For the records below, the count of lines that hold "declared" is required; give only that number.

═══ Dataset

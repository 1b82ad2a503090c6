//! ISO/IEC 13818-2, 7.6.3.5, 7.6.4 and 7.6.5: the vectors of a macroblock, by direction.
ghost use Rattle.std.specs.Prelude.{◌≡◌};
ghost use Rattle.inter_reconstruction.specs.Motion.{zero_vector, zero_pair, uses_by, chroma_vector, chroma_field, chroma_motion};
ghost use Rattle.inter_reconstruction.specs.declared.motion.DirectionMotion.TheVariants.{Frame, Field};
ghost use Rattle.inter_reconstruction.specs.declared.motion.DirectionMotion.{DirectionMotion};

use forming_predictions::FieldParity;
use pmv::chroma::scale_chroma;
use pmv::kinds::ChromaFormat;

/// A vector in half samples.
#[derive(Clone, Copy, Debug, PartialEq, Eq)]
pub struct MotionVectorPel {
    pub horizontal: i32,
    pub vertical: i32,
}

/// A field's vector, which counts that field's lines, and the reference field that it reads: motion_vertical_field_select.
#[derive(Clone, Copy, Debug, PartialEq, Eq)]
pub struct FieldVector {
    pub vector: MotionVectorPel,
    pub reference_field: FieldParity,
}

/// A direction's two field vectors: for the macroblock's top field and for its bottom field.
#[derive(Clone, Copy, Debug, PartialEq, Eq)]
pub struct FieldVectorPair {
    pub top: FieldVector,
    pub bottom: FieldVector,
}

/// The vectors of a macroblock, in each direction that has motion.
#[derive(Clone, Copy, Debug, PartialEq, Eq)]
pub struct Motion<V> {
    pub forward: Option<V>,
    pub backward: Option<V>,
}

/// Those of a frame-based macroblock.
pub type FrameMotion = Motion<MotionVectorPel>;

/// Those of a field-based macroblock.
pub type FieldBasedMotion = Motion<FieldVectorPair>;

/// What one direction is predicted by.
#[derive(Clone, Copy, Debug, PartialEq, Eq)]
pub enum DirectionMotion {
    Frame(MotionVectorPel),
    Field(FieldVectorPair),
}

/// The directions that a macroblock is predicted from, each with its motion: kinds of directions, no steps.
#[derive(Clone, Copy, Debug, PartialEq, Eq)]
pub enum Uses {
    Forward(DirectionMotion),
    Backward(DirectionMotion),
    Both(DirectionMotion, DirectionMotion),
}

/// The same without their motion: what an accepted call tells.
#[derive(Clone, Copy, Debug, PartialEq, Eq)]
pub enum UsedDirections {
    Forward,
    Backward,
    Both,
}

/// The vectors of one direction: one for a frame's rows, or one for the rows of each field.
pub trait DirectionVectors: Copy {
    /// The motion that they stand for.
    ghost motion: { Self → DirectionMotion };

    /// Those of a macroblock without motion.
    ghost still: { Self };

    fn motion(self) -> DirectionMotion
        ensures { result ≡ motion self };

    fn still() -> Self
        ensures { result ≡ still };
}

impl DirectionVectors for MotionVectorPel {
    ghost motion = { Frame };

    ghost still = { zero_vector };

    fn motion(self) -> DirectionMotion {
        DirectionMotion::Frame(self)
    }

    fn still() -> Self {
        MotionVectorPel {
            horizontal: 0,
            vertical: 0,
        }
    }
}

/// Without motion each field reads its own parity.
impl DirectionVectors for FieldVectorPair {
    ghost motion = { Field };

    ghost still = { zero_pair };

    fn motion(self) -> DirectionMotion {
        DirectionMotion::Field(self)
    }

    fn still() -> Self {
        FieldVectorPair {
            top: FieldVector {
                vector: MotionVectorPel::still(),
                reference_field: FieldParity::Top,
            },
            bottom: FieldVector {
                vector: MotionVectorPel::still(),
                reference_field: FieldParity::Bottom,
            },
        }
    }
}

impl<V: DirectionVectors> Motion<V> {
    /// The directions that are used, with their motion. Where neither has motion, the forward one is, with zero vectors. Where both have,
    /// and one reference alone is there, that one is.
    pub fn uses(self, forward_present: bool, backward_present: bool) -> Uses
        ensures { result ≡ uses_by V.motion V.still self forward_present backward_present }
    {
        match (self.forward, self.backward) {
            (None, None) => Uses::Forward(V::still().motion()),
            (Some(d), None) => Uses::Forward(d.motion()),
            (None, Some(e)) => Uses::Backward(e.motion()),
            (Some(d), Some(e)) => match (forward_present, backward_present) {
                (true, false) => Uses::Forward(d.motion()),
                (false, true) => Uses::Backward(e.motion()),
                _ => Uses::Both(d.motion(), e.motion()),
            },
        }
    }
}

#[tactic(auto, unfolding(pmv::specs::Chroma::scaled))]
fn chroma_vector(chroma_format: ChromaFormat, v: MotionVectorPel) -> MotionVectorPel
    ensures { result ≡ chroma_vector chroma_format v }
{
    let scaled = scale_chroma(v.horizontal, v.vertical, chroma_format);
    MotionVectorPel {
        horizontal: scaled.chroma_horiz,
        vertical: scaled.chroma_vert,
    }
}

fn chroma_field(chroma_format: ChromaFormat, u: FieldVector) -> FieldVector
    ensures { result ≡ chroma_field chroma_format u }
{
    let v = u.vector;
    let reference_field = u.reference_field;
    FieldVector {
        vector: chroma_vector(chroma_format, v),
        reference_field: reference_field,
    }
}

impl DirectionMotion {
    /// The motion of the chrominance: its vectors are scaled, its fields are the same.
    pub fn chroma(self, chroma_format: ChromaFormat) -> Self
        ensures { result ≡ chroma_motion chroma_format self }
    {
        match self {
            DirectionMotion::Frame(v) => DirectionMotion::Frame(chroma_vector(chroma_format, v)),
            DirectionMotion::Field(p) => {
                let top = p.top;
                let bottom = p.bottom;
                DirectionMotion::Field(FieldVectorPair {
                    top: chroma_field(chroma_format, top),
                    bottom: chroma_field(chroma_format, bottom),
                })
            }
        }
    }
}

══════

> [Answer area]
2